UNI
Bangalore, Jan 4: About 4.5 lac traders in Karnataka will down their shutters as part of the state-wide bandh tomorrow, to protest against the State government's move to open up the agri-commodity business to private players by bringing an amendment to the APMC Act.
Speaking to UNI here, Federation of Karnataka Chamber of Commerce and Industry (FKCCI) President R C Purohit said that the JD(S)-BJP coalition government, under pressure from the Union government, had decided to amend the existing Agriculture Produce Marketing Committees Act of 1966, to pave the way for private players including MNCs to buy produce directly from farmers or set up wholesale markets anywhere, with the prior permission from the government.

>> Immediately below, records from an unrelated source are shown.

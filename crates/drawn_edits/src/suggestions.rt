//! Edits with the old and the new lines. A function whose name begins with `put_` appends to
//! `out`, and returns `Err` if an allocation fails.

ghost use Rattle.std.specs.Prelude.{◌≡◌, ◌++◌, OnOk, false, map, string_bytes};
ghost use Rattle.drawn_edits.specs.Helps.{edits_rows, help_word};
ghost use Rattle.drawn_edits.specs.EditedLines.{seen_edit};
ghost use Rattle.drawn_edits.specs.PlusSigns.{AddsEdits};
ghost use Rattle.drawn_lines.specs.Frames.{seen_frame};
ghost use Rattle.drawn_lines.specs.Painting.{has_colours};

use crate::changes::put_rows;
use crate::edited::Edit;
use drawn_lines::{Frame, Palette, Style, put_painted_text};
use std::alloc::AllocError;

/// Adds the word that a help begins with.
#[tactic(auto, unfolding(crate::specs::Helps::help_word))]
pub fn put_help_word(out: &mut String, palette: Palette) -> Result<(), AllocError>
    ensures { OnOk result (string_bytes out.new ≡ string_bytes out.old ++ help_word palette) }
{
    put_painted_text(out, palette, Style::Help, "help")?;
    out.push_str(": ")?;
    Ok(())
}

/// Adds the rows of edits.
#[tactic(auto, using(crate::proofs::PlusLaws::shown_edits))]
pub fn put_edits(out: &mut String, frame: &Frame<'_>, edits: &[Edit<'_>]) -> Result<(), AllocError>
    ensures rows { OnOk result (string_bytes out.new ≡ string_bytes out.old
        ++ edits_rows (seen_frame frame.now) (map seen_edit edits.now)) }
    // Without colours, if they only insert something into one line, they are that line, and under
    // it signs in the columns of what is added, and no sign elsewhere.
    ensures signs { OnOk result (has_colours frame.now.gutter.palette ≡ false
        → AddsEdits (seen_frame frame.now) (map seen_edit edits.now) (string_bytes out.old)
        (string_bytes out.new)) }
{
    put_rows(out, frame, edits)?;
    Ok(())
}
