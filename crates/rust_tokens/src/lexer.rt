//! The tokens of a text and of a file.

ghost use Rattle.std.specs.Prelude.{◌≡◌, ◌+◌, ◌<◌, ◌≤◌, ◌-◌, ◌++◌, ℕ, [], IfOk, IfSome, IsFalse};
ghost use Rattle.std.specs.Prelude.{IsNone, IsTrue, List, chars, length};
ghost use Rattle.std.specs.List.{list_all};
ghost use Rattle.rust_tokens.specs.Covers.{Covers};
ghost use Rattle.rust_tokens.specs.Files.{IsMarked, IsShebanged, OpensAttribute, ReadsFile, is_gap};
ghost use Rattle.rust_tokens.specs.Files.{is_head};
ghost use Rattle.rust_tokens.specs.Spans.{token_between, byte_length, end_of_all, placed_tokens};
ghost use Rattle.rust_tokens.specs.Spans.{token_at};
ghost use Rattle.rust_tokens.specs.Texts.{Text};
ghost use Rattle.rust_tokens.specs.Tokens.{Begins, Lexeme, Reads};
ghost use Rattle.rust_tokens.specs.declared.kinds.Kind.TheVariants.{ByteOrderMark, Shebang};

use crate::ends::after_line;
use crate::first::{after_suffix, first_body, plain_token};
use crate::kinds::{Kind, Token};
use crate::texts::strip;
use std::alloc::{AllocError, Global};

/// A token at the start of a text.
#[derive(Clone, Copy)]
struct Step<'a> {
    /// Its kind.
    kind: Kind,
    /// Whether it has its end.
    is_ended: bool,
    /// The text from its suffix on.
    suffix: &'a str,
    /// The text after it.
    rest: &'a str,
}

/// Returns the token at the start of a text, or `None` if the text is empty: the slow way, for
/// tokens that `plain_token` does not know.
#[inline(never)]
fn any_step(text: &str) -> Option<Step<'_>>
    ensures begins { IfSome result (λ s. (x : Lexeme) × Begins x (chars text.now) (chars s.rest.now)
        × (x.kind ≡ s.kind) × (x.is_ended ≡ s.is_ended)
        × (length text.now ≡ byte_length x.body + length s.suffix.now)
        × (length s.suffix.now ≡ byte_length x.suffix + length s.rest.now)) }
    ensures fewer { IfSome result (λ s. length s.rest.now < length text.now) }
    ensures none { IsNone result → chars text.now ≡ [] }
{
    let Some(body) = first_body(text) else {
        return None;
    };
    let rest = after_suffix(body);
    Some(Step {
        kind: body.kind,
        is_ended: body.is_ended,
        suffix: body.rest,
        rest,
    })
}

/// Returns the token at the start of a text, or `None` if the text is empty.
#[inline(always)]
fn next_step(text: &str) -> Option<Step<'_>>
    ensures begins { IfSome result (λ s. (x : Lexeme) × Begins x (chars text.now) (chars s.rest.now)
        × (x.kind ≡ s.kind) × (x.is_ended ≡ s.is_ended)
        × (length text.now ≡ byte_length x.body + length s.suffix.now)
        × (length s.suffix.now ≡ byte_length x.suffix + length s.rest.now)) }
    ensures fewer { IfSome result (λ s. length s.rest.now < length text.now) }
    ensures none { IsNone result → chars text.now ≡ [] }
{
    if let Some((kind, rest)) = plain_token(text) {
        return Some(Step {
            kind,
            is_ended: true,
            suffix: rest,
            rest,
        });
    }
    any_step(text)
}

/// Returns the first token of a text that is not the start of a file, and the rest after it, or
/// `None` if the text is empty.
pub fn split_first_token(text: &str) -> Option<(Token, &str)>
    ensures begins { IfSome result (λ t. (x : Lexeme) × Begins x (chars text.now) (chars t.1.now)
        × (t.0 ≡ token_at 0 x)) }
    ensures fewer { IfSome result (λ t. length t.1.now < length text.now) }
    ensures none { IsNone result → chars text.now ≡ [] }
{
    let Some(step) = next_step(text) else {
        return None;
    };
    let token = Token {
        kind: step.kind,
        span: 0..text.len() - step.rest.len(),
        suffix_start: text.len() - step.suffix.len(),
        is_ended: step.is_ended,
    };
    Some((token, step.rest))
}

/// Returns the first token of a text that is not the start of a file, or `None` if the text is
/// empty.
pub fn first_token(text: &str) -> Option<Token>
    ensures begins { IfSome result (λ t. (x : Lexeme) × (r : Text) × Begins x (chars text.now) r
        × (t ≡ token_at 0 x)) }
    ensures none { IsNone result → chars text.now ≡ [] }
{
    match split_first_token(text) {
        Some((token, _)) => Some(token),
        None => None,
    }
}

/// Returns whether a token is white space or a comment that documents nothing.
fn is_gap(kind: Kind) -> bool
    ensures { result ≡ is_gap kind }
{
    matches!(
        kind,
        Kind::Whitespace | Kind::LineComment | Kind::BlockComment
    )
}

/// Returns whether the text goes on with `[` after white space and comments.
fn opens_attribute(text: &str) -> bool
    ensures yes { IsTrue result → OpensAttribute (chars text.now) }
    ensures no { IsFalse result → OpensAttribute (chars text.now) → ⊥ }
{
    let mut rest = text;
    while let Some(step) = next_step(rest) {
        if !is_gap(step.kind) {
            return strip(rest, '[').is_some();
        }
        rest = step.rest;
    }
    false
}

/// Returns the rest after a byte order mark, or the text if it begins with none.
fn after_mark(text: &str) -> &str
    ensures within { length result.now ≤ length text.now }
    ensures marked { (xs : List Lexeme) × IsMarked (chars text.now) xs (chars result.now)
        × (placed_tokens 0 xs ≡ token_between ByteOrderMark 0 (length text.now - length result.now))
        × (end_of_all 0 xs + length result.now ≡ length text.now) }
{
    match strip(text, '\u{feff}') {
        Some(rest) => rest,
        None => text,
    }
}

/// Returns the rest after a shebang, or the text if it begins with none.
fn after_shebang(text: &str) -> &str
    ensures within { length result.now ≤ length text.now }
    ensures shebanged { (xs : List Lexeme) × IsShebanged (chars text.now) xs (chars result.now)
        × ((at : ℕ) → (placed_tokens at xs
        ≡ token_between Shebang at (at + (length text.now - length result.now)))
        × (end_of_all at xs + length result.now ≡ at + length text.now)) }
{
    let Some(after_hash) = strip(text, '#') else {
        return text;
    };
    let Some(line) = strip(after_hash, '!') else {
        return text;
    };
    if opens_attribute(line) {
        text
    } else {
        after_line(line)
    }
}

/// Returns the rest of a file after its byte order mark and its shebang.
pub fn skip_head(text: &str) -> &str
    // The tokens hs are the mark and the shebang. With the tokens of the rest they are the file's.
    ensures { (hs : List Lexeme) × IsTrue (list_all (λ x. is_head x.kind) hs)
        × ((rs : List Lexeme) → Reads (chars result.now) rs → ReadsFile (chars text.now) (hs ++ rs))
        × (end_of_all 0 hs + length result.now ≡ length text.now) }
{
    after_shebang(after_mark(text))
}

/// Adds a token of this kind unless it is empty. Returns `Err` if an allocation fails.
fn add_unless_empty(
    tokens: &mut Vec<Token>,
    kind: Kind,
    start: usize,
    end: usize,
) -> Result<(), AllocError>
    ensures { IfOk result (λ _. tokens.new.items ≡ tokens.old.items
        ++ token_between kind start end) }
{
    if start < end {
        tokens.push(Token {
            kind,
            span: start..end,
            suffix_start: end,
            is_ended: true,
        })?;
    }
    Ok(())
}

/// Returns the tokens of a file. Returns `Err` if an allocation fails.
pub fn tokens(alloc: Global, text: &str) -> Result<Vec<Token>, AllocError>
    ensures reads { IfOk result (λ v. (xs : List Lexeme) × ReadsFile (chars text.now) xs
        × (v.items ≡ placed_tokens 0 xs)) }
    ensures covers { IfOk result (λ v. Covers 0 v.items (length text.now)) }
{
    let unmarked_text = after_mark(text);
    let mark_end = text.len() - unmarked_text.len();
    let mut rest = after_shebang(unmarked_text);
    let mut list = Vec::new(alloc);
    add_unless_empty(&mut list, Kind::ByteOrderMark, 0, mark_end)?;
    add_unless_empty(&mut list, Kind::Shebang, mark_end, text.len() - rest.len())?;
    while let Some(step) = next_step(rest) {
        let token = Token {
            kind: step.kind,
            span: text.len() - rest.len()..text.len() - step.rest.len(),
            suffix_start: text.len() - step.suffix.len(),
            is_ended: step.is_ended,
        };
        list.push(token)?;
        rest = step.rest;
    }
    Ok(list)
}
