//! The bytes that standard output gets of files.

use shown_text::put_drawn;
use std::alloc::AllocError;
use std::io::IsTerminal;

/// Returns the bytes that standard output gets of these: on a terminal they are as drawings have
/// them, which is made in `drawing`, and otherwise they stay. Returns `Err` if an allocation fails.
pub fn shown_bytes<'a>(
    rt: &HostRuntime,
    bytes: &'a [u8],
    drawing: &'a mut String,
) -> Result<&'a [u8], AllocError> {
    if !rt.stdout().is_terminal() {
        return Ok(bytes);
    }
    put_drawn(drawing, bytes)?;
    Ok(drawing.as_bytes())
}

This would adversely affect the interests of traders and others depending on it. This might result in the 144 APMC markets in the state, which traded in 118 notified commodities redundant, he feared.
According to the draft rules the amendment would result in the government inviting private players to trade in commodities and allow them to buy commodities directly from the farmers.
Demanding a level playing field for the traders, Bangalore Wholesale Foodgrains and Pulses Merchants' Association President R C Lahoti said that the trade and industry in the State strongly opposed privatisation of the market and demanded the state government call the traders for discussion before effecting any amendment.
Hectic activity was seen in various wholesale markets in the State in view of tomorrow's bandh. Heavy demand was witnessed for commodities, mainly pulses, potato and onion, in the Yeshwantpur market in the city on Thursday.